WHAT YOU NEED TO DO:
Once a line is found to contain "address", copy it out of the listing.
________________________
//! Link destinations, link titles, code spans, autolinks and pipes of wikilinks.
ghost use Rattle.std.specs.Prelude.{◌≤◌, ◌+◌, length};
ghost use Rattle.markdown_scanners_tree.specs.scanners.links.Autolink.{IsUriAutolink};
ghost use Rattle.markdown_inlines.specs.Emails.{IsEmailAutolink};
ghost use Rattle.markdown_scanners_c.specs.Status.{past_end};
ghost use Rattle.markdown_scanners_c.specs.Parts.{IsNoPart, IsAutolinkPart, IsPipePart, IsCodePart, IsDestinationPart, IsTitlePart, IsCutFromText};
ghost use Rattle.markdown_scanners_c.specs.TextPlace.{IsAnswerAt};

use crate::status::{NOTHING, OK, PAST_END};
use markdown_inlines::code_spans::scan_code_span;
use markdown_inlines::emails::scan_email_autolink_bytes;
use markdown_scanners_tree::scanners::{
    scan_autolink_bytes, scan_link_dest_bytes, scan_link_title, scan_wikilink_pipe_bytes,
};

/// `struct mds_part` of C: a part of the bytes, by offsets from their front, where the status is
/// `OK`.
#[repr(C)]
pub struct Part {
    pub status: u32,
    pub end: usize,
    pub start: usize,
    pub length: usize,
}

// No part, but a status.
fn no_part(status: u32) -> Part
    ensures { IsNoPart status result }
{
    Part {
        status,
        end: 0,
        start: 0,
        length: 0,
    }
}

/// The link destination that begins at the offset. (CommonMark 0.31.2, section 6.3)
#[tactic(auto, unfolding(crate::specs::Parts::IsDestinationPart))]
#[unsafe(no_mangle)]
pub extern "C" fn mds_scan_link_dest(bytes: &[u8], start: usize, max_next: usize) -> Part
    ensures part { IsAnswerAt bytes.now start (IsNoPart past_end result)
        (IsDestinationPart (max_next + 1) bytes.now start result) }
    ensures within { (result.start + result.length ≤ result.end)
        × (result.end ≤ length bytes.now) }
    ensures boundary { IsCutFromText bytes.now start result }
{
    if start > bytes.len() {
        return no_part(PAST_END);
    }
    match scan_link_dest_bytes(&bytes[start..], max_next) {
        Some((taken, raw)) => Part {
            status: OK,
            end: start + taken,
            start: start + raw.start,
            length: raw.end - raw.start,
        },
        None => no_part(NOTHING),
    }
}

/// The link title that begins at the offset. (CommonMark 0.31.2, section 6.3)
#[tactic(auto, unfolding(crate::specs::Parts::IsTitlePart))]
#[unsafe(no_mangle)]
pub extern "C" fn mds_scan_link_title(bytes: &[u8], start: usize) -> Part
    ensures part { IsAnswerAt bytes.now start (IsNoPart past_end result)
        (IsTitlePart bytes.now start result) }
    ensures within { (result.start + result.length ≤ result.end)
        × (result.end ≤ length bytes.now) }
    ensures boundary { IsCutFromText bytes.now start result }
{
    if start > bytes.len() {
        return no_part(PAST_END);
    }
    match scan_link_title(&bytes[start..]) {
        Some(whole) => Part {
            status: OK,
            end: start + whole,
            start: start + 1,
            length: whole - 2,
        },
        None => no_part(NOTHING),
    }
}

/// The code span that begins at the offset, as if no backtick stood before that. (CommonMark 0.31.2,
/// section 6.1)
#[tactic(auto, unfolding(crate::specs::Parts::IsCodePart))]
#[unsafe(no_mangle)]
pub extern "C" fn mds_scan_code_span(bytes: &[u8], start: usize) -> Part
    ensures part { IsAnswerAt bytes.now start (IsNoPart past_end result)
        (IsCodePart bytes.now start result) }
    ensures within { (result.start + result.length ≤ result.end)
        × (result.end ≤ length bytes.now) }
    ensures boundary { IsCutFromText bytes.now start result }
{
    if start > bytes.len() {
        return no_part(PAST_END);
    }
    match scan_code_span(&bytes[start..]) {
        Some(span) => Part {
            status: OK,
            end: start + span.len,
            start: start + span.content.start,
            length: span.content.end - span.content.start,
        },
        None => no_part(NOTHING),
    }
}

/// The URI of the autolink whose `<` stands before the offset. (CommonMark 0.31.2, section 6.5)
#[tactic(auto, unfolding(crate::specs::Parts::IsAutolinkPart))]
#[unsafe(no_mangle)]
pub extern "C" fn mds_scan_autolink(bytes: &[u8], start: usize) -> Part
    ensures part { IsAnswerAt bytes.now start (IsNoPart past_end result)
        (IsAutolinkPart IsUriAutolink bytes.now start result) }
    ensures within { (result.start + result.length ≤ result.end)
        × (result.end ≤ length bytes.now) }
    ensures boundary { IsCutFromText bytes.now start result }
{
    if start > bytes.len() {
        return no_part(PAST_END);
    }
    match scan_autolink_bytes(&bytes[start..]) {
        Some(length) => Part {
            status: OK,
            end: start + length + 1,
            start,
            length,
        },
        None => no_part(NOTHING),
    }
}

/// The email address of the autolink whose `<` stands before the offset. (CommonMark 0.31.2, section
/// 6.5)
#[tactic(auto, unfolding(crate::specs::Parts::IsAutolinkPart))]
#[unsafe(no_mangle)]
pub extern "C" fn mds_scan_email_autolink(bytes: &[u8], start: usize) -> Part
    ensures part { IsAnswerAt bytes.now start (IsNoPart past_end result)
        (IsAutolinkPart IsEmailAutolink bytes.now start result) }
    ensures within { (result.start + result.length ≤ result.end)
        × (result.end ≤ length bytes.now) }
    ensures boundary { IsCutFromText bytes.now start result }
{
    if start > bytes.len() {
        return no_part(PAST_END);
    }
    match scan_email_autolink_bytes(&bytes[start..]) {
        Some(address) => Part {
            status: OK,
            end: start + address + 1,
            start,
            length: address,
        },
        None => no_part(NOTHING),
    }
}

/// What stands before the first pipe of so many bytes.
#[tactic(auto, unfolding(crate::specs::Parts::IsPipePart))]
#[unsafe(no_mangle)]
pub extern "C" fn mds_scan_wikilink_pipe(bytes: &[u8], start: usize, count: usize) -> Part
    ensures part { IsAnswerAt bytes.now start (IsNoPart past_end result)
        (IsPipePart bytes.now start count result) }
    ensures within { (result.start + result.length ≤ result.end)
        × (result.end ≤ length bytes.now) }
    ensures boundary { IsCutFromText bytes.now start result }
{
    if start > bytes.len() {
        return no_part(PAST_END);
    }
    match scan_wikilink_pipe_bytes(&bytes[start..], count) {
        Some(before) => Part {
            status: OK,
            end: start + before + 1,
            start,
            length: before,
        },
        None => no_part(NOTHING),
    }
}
________________________
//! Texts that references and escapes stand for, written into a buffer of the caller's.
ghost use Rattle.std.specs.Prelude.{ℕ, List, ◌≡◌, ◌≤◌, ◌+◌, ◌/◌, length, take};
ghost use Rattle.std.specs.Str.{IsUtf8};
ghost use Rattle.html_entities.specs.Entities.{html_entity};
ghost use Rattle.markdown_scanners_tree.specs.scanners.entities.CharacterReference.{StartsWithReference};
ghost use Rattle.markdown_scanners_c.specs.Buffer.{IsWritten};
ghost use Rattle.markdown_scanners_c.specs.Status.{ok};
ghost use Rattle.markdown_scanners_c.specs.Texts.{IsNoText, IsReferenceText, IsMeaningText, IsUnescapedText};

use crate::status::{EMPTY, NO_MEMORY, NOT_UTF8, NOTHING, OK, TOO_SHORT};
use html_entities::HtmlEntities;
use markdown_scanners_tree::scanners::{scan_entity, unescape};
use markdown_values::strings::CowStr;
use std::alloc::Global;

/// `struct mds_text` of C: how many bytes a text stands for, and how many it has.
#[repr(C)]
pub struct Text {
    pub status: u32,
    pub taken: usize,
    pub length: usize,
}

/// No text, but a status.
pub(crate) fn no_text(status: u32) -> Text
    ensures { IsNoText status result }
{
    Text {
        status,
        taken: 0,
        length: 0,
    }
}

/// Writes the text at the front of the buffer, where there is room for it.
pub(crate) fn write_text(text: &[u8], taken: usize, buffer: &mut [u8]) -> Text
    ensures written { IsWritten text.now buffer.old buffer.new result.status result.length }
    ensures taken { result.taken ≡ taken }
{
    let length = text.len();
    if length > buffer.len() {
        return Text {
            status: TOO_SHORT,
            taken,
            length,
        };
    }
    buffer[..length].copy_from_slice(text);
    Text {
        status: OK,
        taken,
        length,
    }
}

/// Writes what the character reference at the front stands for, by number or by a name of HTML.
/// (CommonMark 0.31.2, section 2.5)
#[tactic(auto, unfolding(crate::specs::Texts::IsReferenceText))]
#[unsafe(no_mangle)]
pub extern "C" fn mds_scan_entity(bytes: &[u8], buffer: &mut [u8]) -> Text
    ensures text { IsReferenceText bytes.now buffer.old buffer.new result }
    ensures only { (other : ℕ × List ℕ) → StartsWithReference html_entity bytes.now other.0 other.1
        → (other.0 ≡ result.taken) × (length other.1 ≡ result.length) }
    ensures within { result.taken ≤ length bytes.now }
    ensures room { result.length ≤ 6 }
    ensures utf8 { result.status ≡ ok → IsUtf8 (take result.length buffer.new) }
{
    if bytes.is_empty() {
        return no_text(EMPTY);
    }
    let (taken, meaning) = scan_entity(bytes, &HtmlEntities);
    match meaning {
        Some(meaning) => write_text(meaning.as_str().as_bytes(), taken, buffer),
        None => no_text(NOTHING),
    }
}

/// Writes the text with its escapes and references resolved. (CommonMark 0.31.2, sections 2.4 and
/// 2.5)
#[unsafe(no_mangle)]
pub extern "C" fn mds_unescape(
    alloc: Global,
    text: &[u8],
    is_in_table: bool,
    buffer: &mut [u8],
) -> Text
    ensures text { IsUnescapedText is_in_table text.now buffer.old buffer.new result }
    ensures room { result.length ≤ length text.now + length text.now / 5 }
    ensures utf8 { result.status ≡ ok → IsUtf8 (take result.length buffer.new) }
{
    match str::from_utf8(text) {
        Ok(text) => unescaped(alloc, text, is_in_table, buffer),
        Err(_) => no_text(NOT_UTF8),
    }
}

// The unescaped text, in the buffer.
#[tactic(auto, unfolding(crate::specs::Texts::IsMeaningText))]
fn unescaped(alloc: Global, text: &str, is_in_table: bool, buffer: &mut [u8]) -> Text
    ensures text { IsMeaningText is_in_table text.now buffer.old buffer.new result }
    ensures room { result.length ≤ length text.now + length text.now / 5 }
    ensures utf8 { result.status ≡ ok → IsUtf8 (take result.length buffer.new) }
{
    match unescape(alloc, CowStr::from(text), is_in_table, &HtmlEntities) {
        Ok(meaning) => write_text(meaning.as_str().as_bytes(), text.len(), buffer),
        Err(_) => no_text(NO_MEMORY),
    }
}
________________________
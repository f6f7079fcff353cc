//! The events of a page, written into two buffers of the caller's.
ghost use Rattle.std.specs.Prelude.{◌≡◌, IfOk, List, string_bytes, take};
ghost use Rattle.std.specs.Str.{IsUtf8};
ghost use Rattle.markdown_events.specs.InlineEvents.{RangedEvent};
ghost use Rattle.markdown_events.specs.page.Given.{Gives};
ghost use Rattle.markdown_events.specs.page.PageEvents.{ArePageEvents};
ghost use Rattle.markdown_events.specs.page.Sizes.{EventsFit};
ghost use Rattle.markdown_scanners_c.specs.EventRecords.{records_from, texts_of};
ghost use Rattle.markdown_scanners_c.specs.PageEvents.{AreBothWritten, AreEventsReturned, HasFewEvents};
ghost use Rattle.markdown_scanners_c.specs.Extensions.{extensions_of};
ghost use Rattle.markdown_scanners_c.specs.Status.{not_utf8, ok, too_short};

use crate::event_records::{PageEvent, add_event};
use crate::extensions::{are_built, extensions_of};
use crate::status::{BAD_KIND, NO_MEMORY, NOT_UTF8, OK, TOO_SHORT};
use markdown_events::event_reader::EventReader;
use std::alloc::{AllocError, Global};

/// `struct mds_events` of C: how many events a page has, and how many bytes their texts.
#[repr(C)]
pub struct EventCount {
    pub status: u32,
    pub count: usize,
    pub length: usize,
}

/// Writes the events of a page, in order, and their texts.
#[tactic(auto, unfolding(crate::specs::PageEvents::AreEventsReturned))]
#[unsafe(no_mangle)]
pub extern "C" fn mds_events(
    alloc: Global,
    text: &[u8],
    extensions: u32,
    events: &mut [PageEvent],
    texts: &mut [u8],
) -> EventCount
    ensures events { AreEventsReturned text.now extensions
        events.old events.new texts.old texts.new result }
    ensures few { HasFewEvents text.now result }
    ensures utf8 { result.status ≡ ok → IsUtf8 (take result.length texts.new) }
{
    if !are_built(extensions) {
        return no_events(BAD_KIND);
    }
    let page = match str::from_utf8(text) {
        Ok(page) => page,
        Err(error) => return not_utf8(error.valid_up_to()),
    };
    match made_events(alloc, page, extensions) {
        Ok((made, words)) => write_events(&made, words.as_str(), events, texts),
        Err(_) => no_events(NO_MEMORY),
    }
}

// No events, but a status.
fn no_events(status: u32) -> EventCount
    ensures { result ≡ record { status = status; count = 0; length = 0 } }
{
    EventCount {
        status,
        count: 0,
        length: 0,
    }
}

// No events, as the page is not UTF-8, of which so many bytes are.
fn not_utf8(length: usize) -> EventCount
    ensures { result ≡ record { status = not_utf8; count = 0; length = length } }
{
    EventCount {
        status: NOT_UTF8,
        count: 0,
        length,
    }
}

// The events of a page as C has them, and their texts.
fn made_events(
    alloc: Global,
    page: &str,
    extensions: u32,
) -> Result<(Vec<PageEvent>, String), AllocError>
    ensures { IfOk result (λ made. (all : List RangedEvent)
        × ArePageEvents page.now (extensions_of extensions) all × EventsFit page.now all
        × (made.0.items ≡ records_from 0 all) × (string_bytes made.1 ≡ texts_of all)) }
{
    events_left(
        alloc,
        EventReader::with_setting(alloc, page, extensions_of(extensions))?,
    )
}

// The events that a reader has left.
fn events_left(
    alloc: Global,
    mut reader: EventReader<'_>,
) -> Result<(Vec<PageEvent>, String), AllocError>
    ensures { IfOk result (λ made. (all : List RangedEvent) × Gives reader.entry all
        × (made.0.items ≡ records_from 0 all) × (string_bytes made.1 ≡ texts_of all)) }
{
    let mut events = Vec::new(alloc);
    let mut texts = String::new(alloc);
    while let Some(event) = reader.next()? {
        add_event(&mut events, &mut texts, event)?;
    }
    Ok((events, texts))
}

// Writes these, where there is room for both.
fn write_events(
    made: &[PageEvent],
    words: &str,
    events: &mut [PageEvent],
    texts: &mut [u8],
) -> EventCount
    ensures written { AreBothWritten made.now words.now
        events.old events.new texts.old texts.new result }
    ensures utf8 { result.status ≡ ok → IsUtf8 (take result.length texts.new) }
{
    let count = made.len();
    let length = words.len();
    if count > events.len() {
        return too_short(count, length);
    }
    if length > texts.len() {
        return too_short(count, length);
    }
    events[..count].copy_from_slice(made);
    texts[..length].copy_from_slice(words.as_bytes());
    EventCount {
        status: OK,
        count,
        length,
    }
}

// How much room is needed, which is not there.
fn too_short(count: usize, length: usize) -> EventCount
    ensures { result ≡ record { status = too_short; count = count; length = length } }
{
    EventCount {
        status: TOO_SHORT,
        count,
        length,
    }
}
________________________
COMPLETED TASK:
/// The email address of the autolink whose `<` stands before the offset. (CommonMark 0.31.2, section
        Some(address) => Part {
            end: start + address + 1,
            length: address,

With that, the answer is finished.